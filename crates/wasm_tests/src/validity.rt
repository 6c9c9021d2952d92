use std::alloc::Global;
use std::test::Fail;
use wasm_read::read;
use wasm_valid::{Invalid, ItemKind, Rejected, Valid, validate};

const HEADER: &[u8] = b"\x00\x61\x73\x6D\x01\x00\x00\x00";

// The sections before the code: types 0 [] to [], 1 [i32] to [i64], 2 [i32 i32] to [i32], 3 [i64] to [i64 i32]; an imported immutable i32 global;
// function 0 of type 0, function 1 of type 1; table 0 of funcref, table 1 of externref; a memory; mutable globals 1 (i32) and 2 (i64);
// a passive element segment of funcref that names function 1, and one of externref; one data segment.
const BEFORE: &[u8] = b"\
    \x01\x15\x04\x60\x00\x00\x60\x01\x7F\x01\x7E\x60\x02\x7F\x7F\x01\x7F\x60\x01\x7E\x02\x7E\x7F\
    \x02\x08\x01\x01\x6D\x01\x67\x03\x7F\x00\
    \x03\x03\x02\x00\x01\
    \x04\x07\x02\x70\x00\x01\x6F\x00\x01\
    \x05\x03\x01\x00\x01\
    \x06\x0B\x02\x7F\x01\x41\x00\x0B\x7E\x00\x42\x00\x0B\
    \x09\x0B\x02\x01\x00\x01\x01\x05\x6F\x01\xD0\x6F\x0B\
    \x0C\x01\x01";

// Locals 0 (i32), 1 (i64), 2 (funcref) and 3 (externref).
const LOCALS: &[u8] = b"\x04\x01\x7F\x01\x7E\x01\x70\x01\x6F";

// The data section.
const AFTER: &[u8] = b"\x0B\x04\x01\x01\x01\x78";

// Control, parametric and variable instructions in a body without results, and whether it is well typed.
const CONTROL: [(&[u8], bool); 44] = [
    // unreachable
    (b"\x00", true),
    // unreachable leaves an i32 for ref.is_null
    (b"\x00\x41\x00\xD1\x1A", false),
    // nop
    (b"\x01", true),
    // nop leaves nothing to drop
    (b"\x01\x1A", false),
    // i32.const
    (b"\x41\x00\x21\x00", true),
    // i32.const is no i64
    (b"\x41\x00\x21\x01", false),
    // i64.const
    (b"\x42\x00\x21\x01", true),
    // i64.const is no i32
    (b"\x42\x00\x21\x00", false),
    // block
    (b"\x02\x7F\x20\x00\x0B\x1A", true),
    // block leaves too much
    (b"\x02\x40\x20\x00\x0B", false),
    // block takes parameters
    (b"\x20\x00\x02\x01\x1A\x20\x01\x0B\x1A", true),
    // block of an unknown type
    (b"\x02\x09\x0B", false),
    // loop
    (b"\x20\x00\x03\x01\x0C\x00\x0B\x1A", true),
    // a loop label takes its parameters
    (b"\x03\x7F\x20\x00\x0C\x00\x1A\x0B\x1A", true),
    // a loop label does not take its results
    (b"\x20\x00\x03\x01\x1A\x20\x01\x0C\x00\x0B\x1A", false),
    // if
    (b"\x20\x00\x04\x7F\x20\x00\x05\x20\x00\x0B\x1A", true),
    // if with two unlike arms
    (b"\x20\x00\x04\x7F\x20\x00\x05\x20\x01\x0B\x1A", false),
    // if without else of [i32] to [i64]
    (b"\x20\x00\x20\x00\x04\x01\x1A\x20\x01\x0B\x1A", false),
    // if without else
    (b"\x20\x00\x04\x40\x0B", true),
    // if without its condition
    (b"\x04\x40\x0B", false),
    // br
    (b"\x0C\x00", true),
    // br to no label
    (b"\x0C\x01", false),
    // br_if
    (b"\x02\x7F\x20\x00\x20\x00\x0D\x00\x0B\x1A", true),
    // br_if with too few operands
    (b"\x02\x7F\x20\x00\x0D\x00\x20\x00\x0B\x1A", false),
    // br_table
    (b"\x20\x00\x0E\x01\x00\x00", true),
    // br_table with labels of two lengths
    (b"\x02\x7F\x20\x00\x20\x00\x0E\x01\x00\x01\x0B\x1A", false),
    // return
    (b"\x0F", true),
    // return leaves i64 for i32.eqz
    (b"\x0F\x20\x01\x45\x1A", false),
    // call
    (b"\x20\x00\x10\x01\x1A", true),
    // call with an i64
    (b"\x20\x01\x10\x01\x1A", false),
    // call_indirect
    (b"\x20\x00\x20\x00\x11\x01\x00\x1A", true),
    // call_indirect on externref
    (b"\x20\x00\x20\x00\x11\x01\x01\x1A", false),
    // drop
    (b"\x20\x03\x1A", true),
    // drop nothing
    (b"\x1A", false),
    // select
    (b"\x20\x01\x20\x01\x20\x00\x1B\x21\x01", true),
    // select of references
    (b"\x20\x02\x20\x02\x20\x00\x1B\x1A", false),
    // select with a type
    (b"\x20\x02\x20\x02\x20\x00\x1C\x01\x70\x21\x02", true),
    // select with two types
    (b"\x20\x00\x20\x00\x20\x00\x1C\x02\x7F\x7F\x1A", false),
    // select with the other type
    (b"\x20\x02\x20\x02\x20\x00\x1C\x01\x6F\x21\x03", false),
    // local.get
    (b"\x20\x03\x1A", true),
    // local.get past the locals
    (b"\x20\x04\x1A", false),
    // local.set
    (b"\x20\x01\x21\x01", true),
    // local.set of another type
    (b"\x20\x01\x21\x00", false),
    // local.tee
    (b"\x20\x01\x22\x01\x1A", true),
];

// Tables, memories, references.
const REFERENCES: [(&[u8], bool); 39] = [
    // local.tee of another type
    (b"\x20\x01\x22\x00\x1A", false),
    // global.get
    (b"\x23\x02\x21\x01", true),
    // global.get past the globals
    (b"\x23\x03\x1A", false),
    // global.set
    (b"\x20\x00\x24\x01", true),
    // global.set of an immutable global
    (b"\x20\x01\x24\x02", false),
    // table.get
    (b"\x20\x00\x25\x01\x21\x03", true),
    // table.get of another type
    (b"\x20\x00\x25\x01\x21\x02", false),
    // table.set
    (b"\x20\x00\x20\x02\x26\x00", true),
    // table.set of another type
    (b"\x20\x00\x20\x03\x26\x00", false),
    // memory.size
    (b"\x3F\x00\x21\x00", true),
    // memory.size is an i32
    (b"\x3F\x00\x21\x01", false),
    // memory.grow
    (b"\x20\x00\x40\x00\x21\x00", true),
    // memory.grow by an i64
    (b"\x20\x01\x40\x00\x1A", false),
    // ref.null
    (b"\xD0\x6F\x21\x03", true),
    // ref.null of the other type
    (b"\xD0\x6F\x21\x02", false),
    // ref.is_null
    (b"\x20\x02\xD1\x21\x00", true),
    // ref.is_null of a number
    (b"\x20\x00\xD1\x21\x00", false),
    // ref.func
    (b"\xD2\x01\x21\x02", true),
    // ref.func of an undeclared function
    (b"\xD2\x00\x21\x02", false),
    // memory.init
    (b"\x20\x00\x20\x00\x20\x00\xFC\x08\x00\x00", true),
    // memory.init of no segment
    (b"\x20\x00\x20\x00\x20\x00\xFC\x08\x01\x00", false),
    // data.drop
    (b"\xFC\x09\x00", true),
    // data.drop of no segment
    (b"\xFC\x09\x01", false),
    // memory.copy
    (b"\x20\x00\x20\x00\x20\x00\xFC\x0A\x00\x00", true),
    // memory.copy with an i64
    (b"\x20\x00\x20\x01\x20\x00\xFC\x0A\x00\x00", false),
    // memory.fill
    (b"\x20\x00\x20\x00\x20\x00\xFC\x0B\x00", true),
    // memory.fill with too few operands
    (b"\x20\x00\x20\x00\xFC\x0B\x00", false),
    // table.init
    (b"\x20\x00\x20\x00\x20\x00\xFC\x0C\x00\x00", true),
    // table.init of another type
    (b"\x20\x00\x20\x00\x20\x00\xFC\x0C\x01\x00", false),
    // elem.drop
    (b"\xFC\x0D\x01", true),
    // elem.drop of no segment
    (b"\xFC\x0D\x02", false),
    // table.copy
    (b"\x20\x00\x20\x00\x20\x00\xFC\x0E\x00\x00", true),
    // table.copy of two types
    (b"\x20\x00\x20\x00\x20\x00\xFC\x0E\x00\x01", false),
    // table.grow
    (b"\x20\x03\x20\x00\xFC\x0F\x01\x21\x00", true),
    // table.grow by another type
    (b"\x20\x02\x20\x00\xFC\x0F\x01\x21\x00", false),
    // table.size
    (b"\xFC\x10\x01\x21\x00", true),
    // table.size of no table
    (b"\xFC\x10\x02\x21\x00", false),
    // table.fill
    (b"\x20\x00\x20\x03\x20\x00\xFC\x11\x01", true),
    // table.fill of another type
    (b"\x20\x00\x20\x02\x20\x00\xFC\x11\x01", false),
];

=======

▶ [Assigned task]: Make a list of all lines in the data that contain "without".

▶ [Task response]:
// Control, parametric and variable instructions in a body without results, and whether it is well typed.
    // if without else of [i32] to [i64]
    // if without else
    // if without its condition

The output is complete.